(Authored by @hashar)
The replica on gerrit2001 is a production service, it serves https://gerrit-replica.wikimedia.org/ and we have a few services relying on it https://wikitech.wikimedia.org/wiki/Gerrit/Replica . I think we started relying on it when Gerrit was running out of HEAP and that nicely offloaded the primary.
Currently we have:
gerrit1001 (primary) | v gerrit2001 (replica)
Both hosts have Puppet role gerrit, the replica configuration is applied based on variables such as gerrit::is_replica.
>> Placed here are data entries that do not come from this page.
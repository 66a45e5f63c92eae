//! To be run with each allocation refused in turn: the answer is out of memory, or the right one.

use crate::tests::asserted::same;
use jser_reader::Stop;
use jser_suggest::{SampleFault, Samples};
use std::alloc::{AllocError, AllocGlobal, Global};
use test_support::streams::LINKED_PAIR;

/// The filter's text, where there is memory for it.
fn text(alloc: Global) -> Result<String, SampleFault> {
    let mut samples = Samples::new(alloc);
    match samples.add(alloc, LINKED_PAIR) {
        Ok(()) => match samples.text(alloc) {
            Ok(text) => Ok(text),
            Err(_) => Err(SampleFault::Stop(Stop::OutOfMemory)),
        },
        Err(fault) => Err(fault),
    }
}

#[test]
fn right_or_out_of_memory(rt: HostRuntime) {
    match text(rt.alloc()) {
        Ok(text) => {
            same(
                &rt,
                &text.as_str(),
                &"maxbytes=69;maxrefs=5;maxdepth=3;maxarray=0;List;!*",
                "the filter",
            );
        }
        Err(SampleFault::Stop(stop)) => {
            same(&rt, &stop, &Stop::OutOfMemory, "what stops it");
            let _ = println!(rt; "refused");
        }
        Err(SampleFault::Unwritable(_)) => panic!(rt; "the name can be written"),
    }
}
We will want to add gerrit2002 as a replica. It will need the gerrit role and a few hiera settings to be set to make it a replica. Gerrit replication destinations are configured in
profile::gerrit::replication: github: <snip> replica_codfw: url: 'gerrit2@gerrit2001.wikimedia.org:/srv/gerrit/git/${name}.git' mirror: true replicateProjectDeletions: true replicateHiddenProjects: true defaultForceUpdate: true threads: 4 replicationDelay: 5 rescheduleDelay: 5
The defined remote replica_codfw can take multiple URLs https://gerrit.wikimedia.org/r/plugins/replication/Documentation/config.md so we can probably do:
profile::gerrit::replication: replica_codfw: url: - 'gerrit2@gerrit2001.wikimedia.org:/srv/gerrit/git/${name}.git' - 'gerrit2@gerrit2002.wikimedia.org:/srv/gerrit/git/${name}.git'
Or well create another target which might makes it easier to follow the replication to the different hosts. Notably https://grafana.wikimedia.org/d/RFLS1GsWk/replication-upstream is what I use to track replication and its on a per remote basis rather than on a per URL one. So well probably better to copy paste :\
Then we have:
gerrit1001 (primary) | \________________ | \ v v gerrit2001 (replica) gerrit2002 (replica)
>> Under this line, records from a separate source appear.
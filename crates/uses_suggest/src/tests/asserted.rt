//! Assertions that are calls. The macros of `std` stop a test where they stand, so each of them is one more place where
//! the test drops what it owns, and each such place is proved; a call that stops the test is none.
ghost use Rattle.std.specs.Prelude.{IsTrue};

use std::fmt::{Debug, Display};
use std::process::Abort;

/// Stops the test with this text unless the fact holds.
pub fn holds(rt: &impl Abort, fact: bool, text: impl Display + Drop)
    ensures { IsTrue fact }
{
    if !fact {
        rt.panic(format_args!("this does not hold: {text}"))
    }
}

/// Stops the test with this text and both values unless the one that was found is the one that is wanted.
pub fn same<T: PartialEq + Debug>(
    rt: &impl Abort,
    found: &T,
    wanted: &T,
    text: impl Display + Drop,
) {
    if *found != *wanted {
        rt.panic(format_args!("{text}\n found: {found:?}\nwanted: {wanted:?}"))
    }
}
Once the replication to gerrit2002 has completed (I think it might takes 4/5 hours), we can switch the DNS entry for gerrit-replica.wikimedia.org from gerrit2001 to gerrit2002.
After the switch gerrit2001 will probably still receive requests (can be checked via /var/log/apache2/gerrit.wikimedia.org.https.access.log). There might be a long standing daemon pulling from it which could have the resolved IP cached.
After that gerrit2001 can be decommissioned.
Acceptance criteria
(cribbed from @hashar's notes)
- apply the puppet role gerrit with gerrit::is_replica: true to gerrit2002
- add gerrit2002 as a replica in the primary gerrit server's config (on gerrit1001)
- Create working https://gerrit-replica-new.wikimedia.org (requires running gerrit service / webserver / certificate from acme_chief)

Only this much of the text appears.